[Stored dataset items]

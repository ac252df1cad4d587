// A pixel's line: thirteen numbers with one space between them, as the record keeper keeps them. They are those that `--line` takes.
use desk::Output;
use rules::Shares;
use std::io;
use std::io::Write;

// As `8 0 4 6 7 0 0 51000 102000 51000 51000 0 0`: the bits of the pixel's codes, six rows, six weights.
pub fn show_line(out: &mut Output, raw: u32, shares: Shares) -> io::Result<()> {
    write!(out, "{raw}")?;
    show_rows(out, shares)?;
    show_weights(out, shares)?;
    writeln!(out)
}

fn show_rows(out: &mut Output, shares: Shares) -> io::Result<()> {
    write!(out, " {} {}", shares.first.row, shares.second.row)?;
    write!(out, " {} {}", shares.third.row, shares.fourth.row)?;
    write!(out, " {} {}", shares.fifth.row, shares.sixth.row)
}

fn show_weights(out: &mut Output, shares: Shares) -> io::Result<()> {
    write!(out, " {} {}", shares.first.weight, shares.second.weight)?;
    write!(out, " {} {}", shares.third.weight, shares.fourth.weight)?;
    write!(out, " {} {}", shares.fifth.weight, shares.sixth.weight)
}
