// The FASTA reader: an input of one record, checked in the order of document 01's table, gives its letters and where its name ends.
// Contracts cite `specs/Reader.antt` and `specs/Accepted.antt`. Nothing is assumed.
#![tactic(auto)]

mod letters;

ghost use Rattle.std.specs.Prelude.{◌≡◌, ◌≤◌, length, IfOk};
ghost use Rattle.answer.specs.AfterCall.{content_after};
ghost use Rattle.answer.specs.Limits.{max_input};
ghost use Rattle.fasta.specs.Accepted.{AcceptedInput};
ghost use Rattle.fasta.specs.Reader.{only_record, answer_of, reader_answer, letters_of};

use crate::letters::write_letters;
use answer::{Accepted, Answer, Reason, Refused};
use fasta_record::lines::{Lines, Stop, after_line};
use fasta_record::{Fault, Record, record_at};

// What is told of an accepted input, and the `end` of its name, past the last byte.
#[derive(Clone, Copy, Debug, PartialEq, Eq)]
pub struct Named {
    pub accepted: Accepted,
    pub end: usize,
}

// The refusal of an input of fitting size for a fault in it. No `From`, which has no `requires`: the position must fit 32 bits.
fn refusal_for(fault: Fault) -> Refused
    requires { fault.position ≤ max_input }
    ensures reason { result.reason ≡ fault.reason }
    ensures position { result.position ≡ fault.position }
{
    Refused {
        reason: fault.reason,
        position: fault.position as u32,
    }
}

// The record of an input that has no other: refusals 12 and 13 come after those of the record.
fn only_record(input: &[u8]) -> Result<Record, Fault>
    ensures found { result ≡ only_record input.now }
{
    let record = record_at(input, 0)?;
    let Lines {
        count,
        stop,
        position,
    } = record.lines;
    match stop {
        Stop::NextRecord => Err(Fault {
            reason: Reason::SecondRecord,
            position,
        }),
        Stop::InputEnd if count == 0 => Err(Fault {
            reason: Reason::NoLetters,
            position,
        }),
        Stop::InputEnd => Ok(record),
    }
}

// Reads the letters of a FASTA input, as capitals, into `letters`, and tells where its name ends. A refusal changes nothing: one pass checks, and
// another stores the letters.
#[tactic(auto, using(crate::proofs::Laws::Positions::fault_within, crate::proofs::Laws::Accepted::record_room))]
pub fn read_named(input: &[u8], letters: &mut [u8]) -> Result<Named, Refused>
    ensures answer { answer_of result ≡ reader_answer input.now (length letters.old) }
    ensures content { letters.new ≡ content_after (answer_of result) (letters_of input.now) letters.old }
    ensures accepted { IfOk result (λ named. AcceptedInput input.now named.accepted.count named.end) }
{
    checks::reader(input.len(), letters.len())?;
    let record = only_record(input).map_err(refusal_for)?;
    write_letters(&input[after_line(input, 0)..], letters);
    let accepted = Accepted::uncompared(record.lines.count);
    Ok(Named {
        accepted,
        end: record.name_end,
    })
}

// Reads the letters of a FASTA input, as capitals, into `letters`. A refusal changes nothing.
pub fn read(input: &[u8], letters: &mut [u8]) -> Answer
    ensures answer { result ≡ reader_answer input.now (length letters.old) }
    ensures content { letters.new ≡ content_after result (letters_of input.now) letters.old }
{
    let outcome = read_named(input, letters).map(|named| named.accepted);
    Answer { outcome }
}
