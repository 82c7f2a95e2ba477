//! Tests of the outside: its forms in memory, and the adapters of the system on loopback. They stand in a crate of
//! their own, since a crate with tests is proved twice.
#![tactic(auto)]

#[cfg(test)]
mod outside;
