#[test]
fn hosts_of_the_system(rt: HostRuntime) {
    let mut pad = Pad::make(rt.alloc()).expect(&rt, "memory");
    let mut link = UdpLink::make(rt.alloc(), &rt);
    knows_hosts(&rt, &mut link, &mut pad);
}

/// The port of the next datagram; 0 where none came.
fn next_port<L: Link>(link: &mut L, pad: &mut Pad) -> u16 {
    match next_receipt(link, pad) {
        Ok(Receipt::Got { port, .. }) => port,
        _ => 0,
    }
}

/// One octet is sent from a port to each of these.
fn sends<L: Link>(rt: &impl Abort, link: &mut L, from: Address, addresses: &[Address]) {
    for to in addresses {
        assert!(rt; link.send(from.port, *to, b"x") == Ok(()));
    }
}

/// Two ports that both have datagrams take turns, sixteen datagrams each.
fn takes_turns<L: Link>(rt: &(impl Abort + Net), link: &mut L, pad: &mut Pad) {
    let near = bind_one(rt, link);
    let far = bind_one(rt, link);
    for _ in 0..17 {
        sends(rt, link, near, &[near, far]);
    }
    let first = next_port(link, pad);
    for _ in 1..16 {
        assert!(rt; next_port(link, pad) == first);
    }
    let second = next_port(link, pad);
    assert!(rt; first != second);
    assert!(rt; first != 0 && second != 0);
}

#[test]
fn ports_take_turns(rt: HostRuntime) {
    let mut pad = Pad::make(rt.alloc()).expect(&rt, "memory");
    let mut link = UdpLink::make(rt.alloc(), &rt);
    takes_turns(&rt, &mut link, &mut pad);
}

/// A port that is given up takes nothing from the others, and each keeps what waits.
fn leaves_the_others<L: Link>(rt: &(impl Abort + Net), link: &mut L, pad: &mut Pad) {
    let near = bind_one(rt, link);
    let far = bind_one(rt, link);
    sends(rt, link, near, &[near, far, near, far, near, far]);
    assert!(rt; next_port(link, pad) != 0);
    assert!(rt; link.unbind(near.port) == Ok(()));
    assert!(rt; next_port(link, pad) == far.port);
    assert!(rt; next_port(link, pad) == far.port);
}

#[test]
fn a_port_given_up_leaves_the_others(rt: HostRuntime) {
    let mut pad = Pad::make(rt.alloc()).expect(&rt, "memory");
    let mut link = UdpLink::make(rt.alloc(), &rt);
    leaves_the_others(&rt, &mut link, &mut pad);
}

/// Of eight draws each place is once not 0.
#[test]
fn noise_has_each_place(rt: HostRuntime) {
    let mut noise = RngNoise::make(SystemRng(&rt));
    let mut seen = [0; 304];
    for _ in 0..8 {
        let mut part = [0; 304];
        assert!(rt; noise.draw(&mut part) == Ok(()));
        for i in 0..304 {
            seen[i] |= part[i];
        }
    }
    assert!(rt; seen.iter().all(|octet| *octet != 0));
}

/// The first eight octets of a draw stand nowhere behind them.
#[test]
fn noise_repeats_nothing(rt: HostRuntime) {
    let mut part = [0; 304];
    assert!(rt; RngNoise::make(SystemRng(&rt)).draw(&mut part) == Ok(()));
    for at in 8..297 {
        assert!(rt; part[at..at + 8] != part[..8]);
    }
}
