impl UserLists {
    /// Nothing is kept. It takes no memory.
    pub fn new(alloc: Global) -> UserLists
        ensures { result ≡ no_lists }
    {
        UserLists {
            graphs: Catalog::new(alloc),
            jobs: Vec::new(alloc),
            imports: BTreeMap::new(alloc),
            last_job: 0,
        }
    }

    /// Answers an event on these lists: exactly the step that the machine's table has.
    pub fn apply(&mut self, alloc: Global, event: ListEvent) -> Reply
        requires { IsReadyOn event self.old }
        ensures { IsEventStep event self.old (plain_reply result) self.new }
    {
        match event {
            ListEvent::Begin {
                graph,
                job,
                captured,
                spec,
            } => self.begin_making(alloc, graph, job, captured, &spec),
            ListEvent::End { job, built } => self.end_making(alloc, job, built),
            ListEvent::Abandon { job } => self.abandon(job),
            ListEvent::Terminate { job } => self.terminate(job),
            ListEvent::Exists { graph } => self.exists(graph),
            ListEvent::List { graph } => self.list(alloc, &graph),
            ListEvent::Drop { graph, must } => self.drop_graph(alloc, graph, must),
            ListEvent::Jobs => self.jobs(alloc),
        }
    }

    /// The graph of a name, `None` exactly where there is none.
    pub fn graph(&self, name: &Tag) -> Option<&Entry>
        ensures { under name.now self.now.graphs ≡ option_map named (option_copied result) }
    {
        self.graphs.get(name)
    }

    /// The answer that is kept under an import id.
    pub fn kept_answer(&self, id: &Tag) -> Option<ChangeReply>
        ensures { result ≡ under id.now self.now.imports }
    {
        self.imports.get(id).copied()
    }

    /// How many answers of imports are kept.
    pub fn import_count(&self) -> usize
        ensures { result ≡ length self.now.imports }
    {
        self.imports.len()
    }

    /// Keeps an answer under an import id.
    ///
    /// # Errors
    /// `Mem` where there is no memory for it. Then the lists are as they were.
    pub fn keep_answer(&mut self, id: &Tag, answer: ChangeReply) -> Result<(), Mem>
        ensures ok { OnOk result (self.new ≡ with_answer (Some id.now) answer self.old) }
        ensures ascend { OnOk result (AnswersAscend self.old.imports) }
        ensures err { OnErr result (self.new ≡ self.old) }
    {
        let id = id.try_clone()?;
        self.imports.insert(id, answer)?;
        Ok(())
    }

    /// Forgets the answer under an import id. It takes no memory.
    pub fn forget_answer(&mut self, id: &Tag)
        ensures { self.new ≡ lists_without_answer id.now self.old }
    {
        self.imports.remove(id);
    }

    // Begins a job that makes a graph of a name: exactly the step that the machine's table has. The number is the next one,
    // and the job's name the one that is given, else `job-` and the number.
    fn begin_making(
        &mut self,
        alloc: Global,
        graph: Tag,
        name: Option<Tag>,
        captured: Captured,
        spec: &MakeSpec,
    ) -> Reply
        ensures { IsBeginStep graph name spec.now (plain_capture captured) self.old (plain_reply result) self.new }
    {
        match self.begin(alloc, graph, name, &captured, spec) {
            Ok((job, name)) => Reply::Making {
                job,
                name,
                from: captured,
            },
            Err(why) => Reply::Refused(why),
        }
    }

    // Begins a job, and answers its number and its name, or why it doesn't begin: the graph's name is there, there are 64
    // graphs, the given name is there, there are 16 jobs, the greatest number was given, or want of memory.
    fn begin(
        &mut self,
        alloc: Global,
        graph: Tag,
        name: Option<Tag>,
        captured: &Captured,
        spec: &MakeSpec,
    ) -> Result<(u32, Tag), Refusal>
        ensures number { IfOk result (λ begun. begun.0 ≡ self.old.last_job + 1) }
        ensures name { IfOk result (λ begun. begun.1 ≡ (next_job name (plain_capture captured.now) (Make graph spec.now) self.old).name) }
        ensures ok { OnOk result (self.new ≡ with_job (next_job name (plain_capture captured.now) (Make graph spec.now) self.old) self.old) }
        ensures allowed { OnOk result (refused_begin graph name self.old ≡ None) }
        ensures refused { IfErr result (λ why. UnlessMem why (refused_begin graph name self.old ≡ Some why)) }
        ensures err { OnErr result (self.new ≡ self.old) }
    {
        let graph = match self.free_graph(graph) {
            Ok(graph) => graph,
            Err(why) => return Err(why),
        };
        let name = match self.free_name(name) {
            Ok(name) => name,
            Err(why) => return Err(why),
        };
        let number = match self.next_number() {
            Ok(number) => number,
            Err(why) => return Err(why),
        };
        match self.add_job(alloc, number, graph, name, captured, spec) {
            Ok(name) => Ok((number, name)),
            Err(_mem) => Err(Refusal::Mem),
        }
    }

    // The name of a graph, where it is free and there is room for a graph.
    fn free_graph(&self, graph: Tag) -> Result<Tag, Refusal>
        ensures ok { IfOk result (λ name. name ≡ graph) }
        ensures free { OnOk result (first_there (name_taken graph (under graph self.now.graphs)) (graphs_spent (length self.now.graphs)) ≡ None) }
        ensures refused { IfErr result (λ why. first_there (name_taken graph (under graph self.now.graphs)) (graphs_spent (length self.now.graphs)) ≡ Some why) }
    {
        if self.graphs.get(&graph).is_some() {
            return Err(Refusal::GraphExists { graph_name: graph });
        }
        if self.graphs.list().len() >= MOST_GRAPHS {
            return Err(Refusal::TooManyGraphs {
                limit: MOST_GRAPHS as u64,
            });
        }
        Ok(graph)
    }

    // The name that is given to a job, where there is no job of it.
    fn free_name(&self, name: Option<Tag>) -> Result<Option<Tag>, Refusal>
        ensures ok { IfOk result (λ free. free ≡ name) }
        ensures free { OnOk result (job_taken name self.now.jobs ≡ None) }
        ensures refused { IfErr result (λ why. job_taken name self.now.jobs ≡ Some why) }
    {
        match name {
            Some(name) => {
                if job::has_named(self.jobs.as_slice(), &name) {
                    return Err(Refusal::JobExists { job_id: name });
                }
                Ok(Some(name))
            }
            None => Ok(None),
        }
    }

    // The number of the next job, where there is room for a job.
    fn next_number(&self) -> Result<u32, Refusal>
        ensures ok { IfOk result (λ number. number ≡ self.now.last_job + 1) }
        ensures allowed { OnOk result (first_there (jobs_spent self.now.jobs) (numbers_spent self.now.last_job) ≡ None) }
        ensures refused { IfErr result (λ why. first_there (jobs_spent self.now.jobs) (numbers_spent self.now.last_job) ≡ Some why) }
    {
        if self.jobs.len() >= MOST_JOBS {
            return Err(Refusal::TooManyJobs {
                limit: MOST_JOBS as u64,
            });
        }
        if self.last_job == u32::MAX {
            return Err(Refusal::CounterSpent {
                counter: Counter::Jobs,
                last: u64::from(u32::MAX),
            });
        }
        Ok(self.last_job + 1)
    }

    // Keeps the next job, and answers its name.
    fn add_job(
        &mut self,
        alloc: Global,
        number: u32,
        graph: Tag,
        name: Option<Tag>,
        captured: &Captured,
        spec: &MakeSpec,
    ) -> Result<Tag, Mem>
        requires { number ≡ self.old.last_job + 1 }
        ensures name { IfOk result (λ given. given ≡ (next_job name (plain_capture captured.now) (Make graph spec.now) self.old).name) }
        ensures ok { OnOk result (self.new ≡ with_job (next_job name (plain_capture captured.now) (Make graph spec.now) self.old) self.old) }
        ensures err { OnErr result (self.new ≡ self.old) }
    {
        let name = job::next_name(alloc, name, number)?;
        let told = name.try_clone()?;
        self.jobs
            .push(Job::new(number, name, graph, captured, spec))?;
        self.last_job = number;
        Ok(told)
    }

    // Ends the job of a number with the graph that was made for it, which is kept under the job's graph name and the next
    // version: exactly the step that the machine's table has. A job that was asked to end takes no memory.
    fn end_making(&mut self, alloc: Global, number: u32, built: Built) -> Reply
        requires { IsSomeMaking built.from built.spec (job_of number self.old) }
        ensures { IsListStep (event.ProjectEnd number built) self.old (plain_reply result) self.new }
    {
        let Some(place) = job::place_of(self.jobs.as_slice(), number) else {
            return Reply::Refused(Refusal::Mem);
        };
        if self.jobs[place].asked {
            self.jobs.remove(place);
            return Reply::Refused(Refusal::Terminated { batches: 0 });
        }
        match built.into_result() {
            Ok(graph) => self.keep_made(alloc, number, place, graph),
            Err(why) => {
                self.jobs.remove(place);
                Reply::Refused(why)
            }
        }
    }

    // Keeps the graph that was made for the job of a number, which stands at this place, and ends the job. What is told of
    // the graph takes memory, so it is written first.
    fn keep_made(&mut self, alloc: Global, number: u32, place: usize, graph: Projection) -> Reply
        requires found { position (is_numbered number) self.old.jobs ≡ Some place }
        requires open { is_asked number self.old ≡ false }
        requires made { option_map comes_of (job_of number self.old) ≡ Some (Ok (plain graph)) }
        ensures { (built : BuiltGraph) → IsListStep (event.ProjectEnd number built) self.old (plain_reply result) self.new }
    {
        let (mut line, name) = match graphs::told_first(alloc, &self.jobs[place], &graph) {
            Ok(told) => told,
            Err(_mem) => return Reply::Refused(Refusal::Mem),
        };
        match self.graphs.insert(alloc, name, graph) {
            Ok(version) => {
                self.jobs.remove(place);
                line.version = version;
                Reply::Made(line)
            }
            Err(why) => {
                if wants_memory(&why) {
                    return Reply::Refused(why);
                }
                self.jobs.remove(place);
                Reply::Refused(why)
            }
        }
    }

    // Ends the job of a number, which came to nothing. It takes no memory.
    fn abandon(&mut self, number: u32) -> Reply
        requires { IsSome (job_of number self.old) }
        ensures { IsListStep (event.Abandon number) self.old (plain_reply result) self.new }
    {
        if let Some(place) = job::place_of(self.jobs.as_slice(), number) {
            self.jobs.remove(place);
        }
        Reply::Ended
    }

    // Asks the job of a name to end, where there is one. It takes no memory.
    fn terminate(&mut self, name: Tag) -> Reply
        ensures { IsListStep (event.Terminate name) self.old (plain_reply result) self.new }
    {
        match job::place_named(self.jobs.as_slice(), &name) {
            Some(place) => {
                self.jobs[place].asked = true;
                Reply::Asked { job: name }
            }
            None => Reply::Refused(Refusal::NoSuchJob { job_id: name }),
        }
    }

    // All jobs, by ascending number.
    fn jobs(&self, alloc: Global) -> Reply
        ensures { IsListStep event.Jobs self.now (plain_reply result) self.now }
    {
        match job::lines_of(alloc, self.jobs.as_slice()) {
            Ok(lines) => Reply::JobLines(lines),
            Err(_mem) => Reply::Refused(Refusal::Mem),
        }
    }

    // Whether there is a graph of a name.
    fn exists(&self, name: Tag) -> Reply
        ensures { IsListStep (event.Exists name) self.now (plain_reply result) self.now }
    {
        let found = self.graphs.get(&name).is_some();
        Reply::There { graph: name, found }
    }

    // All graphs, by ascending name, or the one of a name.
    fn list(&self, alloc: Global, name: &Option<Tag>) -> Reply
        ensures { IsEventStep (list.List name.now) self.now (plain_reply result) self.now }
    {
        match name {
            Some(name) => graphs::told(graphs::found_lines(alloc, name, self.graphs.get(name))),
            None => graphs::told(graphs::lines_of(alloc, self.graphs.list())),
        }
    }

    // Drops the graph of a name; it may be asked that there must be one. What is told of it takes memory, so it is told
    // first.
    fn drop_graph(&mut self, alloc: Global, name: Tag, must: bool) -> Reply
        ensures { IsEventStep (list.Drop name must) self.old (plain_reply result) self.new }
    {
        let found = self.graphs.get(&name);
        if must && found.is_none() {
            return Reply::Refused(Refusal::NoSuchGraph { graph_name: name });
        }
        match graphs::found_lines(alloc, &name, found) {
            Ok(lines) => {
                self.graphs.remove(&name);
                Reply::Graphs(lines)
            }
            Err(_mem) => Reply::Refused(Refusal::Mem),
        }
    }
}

## AIM OF THE TASK:
Starting with the line above that holds "pixel's line: thirteen" and stopping with the line that holds "fn show_weights(out: &mut", reproduce each line exactly, omitting all other lines.

## WRITTEN SOLUTION:
// A pixel's line: thirteen numbers with one space between them, as the record keeper keeps them. They are those that `--line` takes.
use desk::Output;
use rules::Shares;
use std::io;
use std::io::Write;

// As `8 0 4 6 7 0 0 51000 102000 51000 51000 0 0`: the bits of the pixel's codes, six rows, six weights.
pub fn show_line(out: &mut Output, raw: u32, shares: Shares) -> io::Result<()> {
    write!(out, "{raw}")?;
    show_rows(out, shares)?;
    show_weights(out, shares)?;
    writeln!(out)
}

fn show_rows(out: &mut Output, shares: Shares) -> io::Result<()> {
    write!(out, " {} {}", shares.first.row, shares.second.row)?;
    write!(out, " {} {}", shares.third.row, shares.fourth.row)?;
    write!(out, " {} {}", shares.fifth.row, shares.sixth.row)
}

fn show_weights(out: &mut Output, shares: Shares) -> io::Result<()> {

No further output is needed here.